Do you want a pivot point down low, such as in a rocking chair?
Do you want a pivot point up high, such as in a hammock?
Or is back and forth, such as a bed on wheels good enough?
Or a pivot point down the middle of the child, where the child rolls back and forth without sideways motion?

How far - minimum to maximum centimeters peak to peak, or degrees if rolling?
How fast - slowest to fastest rocks per minute?

Maybe you could provide a video clip showing the best motion. Add somebody holding a ruler to show the range of motion.
Before I get into it and start answering your questions, are you a mechanical engineer that could construct such an item?

The wording engineer "types" had me pausing.
 
  • #32
Lnewqban said:
I have found this DIY project, just as a reference:
https://www.hackster.io/news/this-d...omatically-rocks-babies-to-sleep-1b3727d317a1

I believe that using a hard smooth floor as the lower surface on which to roll a frame back and forth, could be more economical, while keeping any dangerous mechanism out of reach of the little one.

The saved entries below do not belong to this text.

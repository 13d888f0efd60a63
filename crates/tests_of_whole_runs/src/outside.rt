//! What a command is given, and what it must write and answer.

use delta_code::Coded;
use delta_run::delta;
use delta_runner::{Begins, Runner};
use delta_state::Machine;
use delta_step::Tree;
use learned_runner::Learner;
use port::{MemLink, MemShelf, MemSink, Move};
use std::alloc::{AllocError, Global};
use std::test::Fail;

/// What a command is given, and what it must write and answer.
#[derive(Clone, Copy)]
pub struct Row<'a> {
    /// The words, parted by spaces.
    pub words: &'a str,
    /// The text of the file `program`.
    pub text: &'a [u8],
    pub input: &'a [u8],
    pub output: &'a [u8],
    pub note: &'a str,
    pub status: u8,
}

// The words of a line, which spaces part.
fn words(alloc: Global, line: &str) -> Result<Vec<String>, Fail> {
    let mut words = Vec::new(alloc);
    for word in line.split(' ') {
        if !word.is_empty() {
            words.push(String::from_str(alloc, word)?)?;
        }
    }
    Ok(words)
}

// A shelf that holds a text as the file `program`.
fn shelf_of(alloc: Global, text: &[u8]) -> Result<MemShelf, Fail> {
    let name = String::from_str(alloc, "program")?;
    let mut files = Vec::new(alloc);
    files.push((name, text.to_vec(alloc)?))?;
    Ok(MemShelf::new(alloc, files, Vec::new(alloc)))
}

/// An input in pieces of at most so many bytes.
pub fn pieces(alloc: Global, input: &[u8], size: usize) -> Result<Vec<Vec<u8>>, Fail> {
    let mut pieces = Vec::new(alloc);
    for piece in input.chunks(size.max(1)) {
        pieces.push(piece.to_vec(alloc)?)?;
    }
    Ok(pieces)
}

/// A link whose input comes in such pieces, and whose writes take at most so many bytes.
pub fn link(alloc: Global, input: &[u8], size: usize, most: u64) -> Result<MemLink, Fail> {
    let pieces = pieces(alloc, input, size)?;
    Ok(MemLink::new(alloc, pieces, Vec::new(alloc), Vec::new(alloc), most.max(1)))
}

/// Adds the bytes that were written.
pub fn take_written(link: &MemLink, bytes: &mut Vec<u8>) -> Result<(), AllocError> {
    for step in link.log() {
        if let Move::Out(piece) = step {
            bytes.extend_from_slice(piece.as_slice())?;
        }
    }
    Ok(())
}

/// Whether these bytes were written.
pub fn are_written(link: &MemLink, output: &[u8]) -> bool {
    let mut at: usize = 0;
    let mut all = true;
    for step in link.log() {
        if let Move::Out(piece) = step {
            let bytes = piece.as_slice();
            let end = at.saturating_add(bytes.len());
            all = all && output.get(at..end).unwrap_or(b"") == bytes;
            at = end;
        }
    }
    all && at == output.len()
}

// Whether a line over a shelf and a link, with programs begun by a runner and evaluated on a machine, is answered by
// this note and this status, where these writes of notes fail.
fn tells_on<B: Begins, M: Machine>(
    alloc: Global,
    line: &str,
    shelf: &mut MemShelf,
    link: &mut MemLink,
    fail_notes: &[u64],
    (note, status): (&str, u8),
) -> Result<bool, Fail> {
    let fails = fail_notes.to_vec(alloc)?;
    let given = words(alloc, line)?;
    let mut notes = MemSink::new(alloc, fails);
    let found = delta::<B, M, Coded, _, _, _>(alloc, &given, shelf, link, &mut notes);
    let told = found == status && notes.bytes() == note.as_bytes();
    drop(notes);
    drop(given);
    Ok(told)
}

/// Whether a line over the file `program` and a link is answered so.
pub fn runs_on<B: Begins, M: Machine>(
    alloc: Global,
    line: &str,
    text: &[u8],
    link: &mut MemLink,
    fail_notes: &[u64],
    end: (&str, u8),
) -> Result<bool, Fail> {
    let mut shelf = shelf_of(alloc, text)?;
    let told = tells_on::<B, M>(alloc, line, &mut shelf, link, fail_notes, end);
    drop(shelf);
    told
}

/// Whether a row's run, on pieces of such a size and with such writes, writes and answers what it must.
pub fn answers_on<B: Begins, M: Machine>(
    alloc: Global,
    row: &Row,
    (piece, most): (usize, u64),
) -> Result<bool, Fail> {
    let mut link = link(alloc, row.input, piece, most)?;
    let end = (row.note, row.status);
    let told = runs_on::<B, M>(alloc, row.words, row.text, &mut link, &[], end);
    let said = are_written(&link, row.output);
    drop(link);
    Ok(told? && said)
}

/// The same on the compiled machine, whose steps are learned, with whole pieces and writes.
pub fn answers_whole(alloc: Global, row: &Row) -> Result<bool, Fail> {
    answers_on::<Learner, Coded>(alloc, row, (4096, 4096))
}

// The sizes of pieces, each with that of the writes.
const SIZES: &[(usize, u64)] = &[(4096, 4096), (1, 4096), (1, 1), (3, 2)];

/// The same on the compiled machine and on the plain one, with pieces and writes of several sizes.
pub fn answers(alloc: Global, row: &Row) -> Result<bool, Fail> {
    for sizes in SIZES {
        if !answers_on::<Learner, Coded>(alloc, row, *sizes)?
            || !answers_on::<Runner<Tree>, Tree>(alloc, row, *sizes)?
        {
            return Ok(false);
        }
    }
    Ok(true)
}

/// Whether a line over the file `program` is done, on the compiled machine. Adds what it writes.
pub fn is_done(
    alloc: Global,
    line: &str,
    text: &[u8],
    input: &[u8],
    bytes: &mut Vec<u8>,
) -> Result<bool, Fail> {
    let mut link = link(alloc, input, 4096, 4096)?;
    let told = runs_on::<Learner, Coded>(alloc, line, text, &mut link, &[], ("", 0));
    let taken = take_written(&link, bytes);
    drop(link);
    let told = told?;
    taken?;
    Ok(told)
}

/// The frames of lines.
pub fn frames_of(alloc: Global, lines: &str) -> Result<Vec<u8>, Fail> {
    let mut frames = Vec::new(alloc);
    let _done = is_done(alloc, "text --frames", b"", lines.as_bytes(), &mut frames)?;
    Ok(frames)
}
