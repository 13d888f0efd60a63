//! The laws of texts, each the contract of a function with nothing in it.

ghost use Rattle.program_text.specs.Laws.{ProgramIsOne, RefusalIsOne, ProgramsAreNotRefused};

/// A text is that of one program at most.
pub fn program_is_one()
    ensures { ProgramIsOne }
{}

/// A text is refused for one thing at most, at one place.
pub fn refusal_is_one()
    ensures { RefusalIsOne }
{}

/// The text of a program isn't refused.
pub fn programs_are_not_refused()
    ensures { ProgramsAreNotRefused }
{}
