//! Tests of whole runs: programs run event by event, what each command line writes and answers over a shelf, a link and
//! a sink in memory, and the tour of README.
#![tactic(auto)]

#[cfg(test)]
mod outside;
#[cfg(test)]
mod runs;
#[cfg(test)]
mod tour;
#[cfg(test)]
mod whole_runs;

Perhaps a simple excentric weight, which a slow motor (like the ones ceiling fans use) makes it rotate horizontally, combined with cross sliding guides (like the ones for desk drawers) could be the simplest idea.
Can you make something like this?
 
  • #34
MotherMayhem said:
Before I get into it and start answering your questions, are you a mechanical engineer that could construct such an item?
I have no doubt that most who contributes here can. The issue is, that it's not 'we' who has to construct the item, but somebody who we do not know: according to the original post everything we cook up here has to be both low level enough to be done DIY without special parts and with limited supervision only and still child-safe.
 
  • #35
Rive said:
I have no doubt that most who contributes here can. The issue is, that it's not 'we' who has to construct the item, but somebody who we do not know: according to the original post everything we cook up here has to be both low level enough to be done DIY without special parts and with limited supervision only and still child-safe.
Obviously as the seeker, not the engineer myself, I will admit complete and total ignorance and be willing to ask the questions.
Why does it need to be done without special parts and not the required parts?
What and whoo do you mean by limited supervision and
Would you consider this design child safe?